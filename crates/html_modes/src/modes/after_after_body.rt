//! The "after after body" insertion mode (HTML Standard, section 13.2.6.4.20).
ghost use Rattle.std.specs.Prelude.{◌≡◌};
ghost use Rattle.html_rules.specs.Modes.AfterAfterBody.{after_after_body};
ghost use Rattle.html_modes.specs.Tables.{rows_of};

use crate::table::Action::{AppendCommentToDocument, Nothing, ParseError};
use crate::table::Class::{AnythingElse, Comment, EndOfFile, StartTags, WhiteSpace};
use crate::table::Conclusion::{Done, Reprocess, Using};
use crate::table::{Row, row};
use html_rules::{InsertionMode, TagSet};

const AFTER_AFTER_BODY: &[Row] = &[
    row!(WhiteSpace, [Nothing], Using(InsertionMode::InBody)),
    row!(Comment, [AppendCommentToDocument], Done),
    row!(
        StartTags(TagSet::Html),
        [Nothing],
        Using(InsertionMode::InBody)
    ),
    row!(EndOfFile, [Nothing], Done),
    row!(AnythingElse, [ParseError], Reprocess(InsertionMode::InBody)),
];

/// The rows.
pub(crate) fn rows() -> &'static [Row]
    ensures { rows_of result.now ≡ after_after_body }
{
    AFTER_AFTER_BODY
}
------------------------------------
In the records above, find every line with the word "Done" and copy it.

use crate::table::Conclusion::{Done, Reprocess, Using};
    row!(Comment, [AppendCommentToDocument], Done),
    row!(EndOfFile, [Nothing], Done),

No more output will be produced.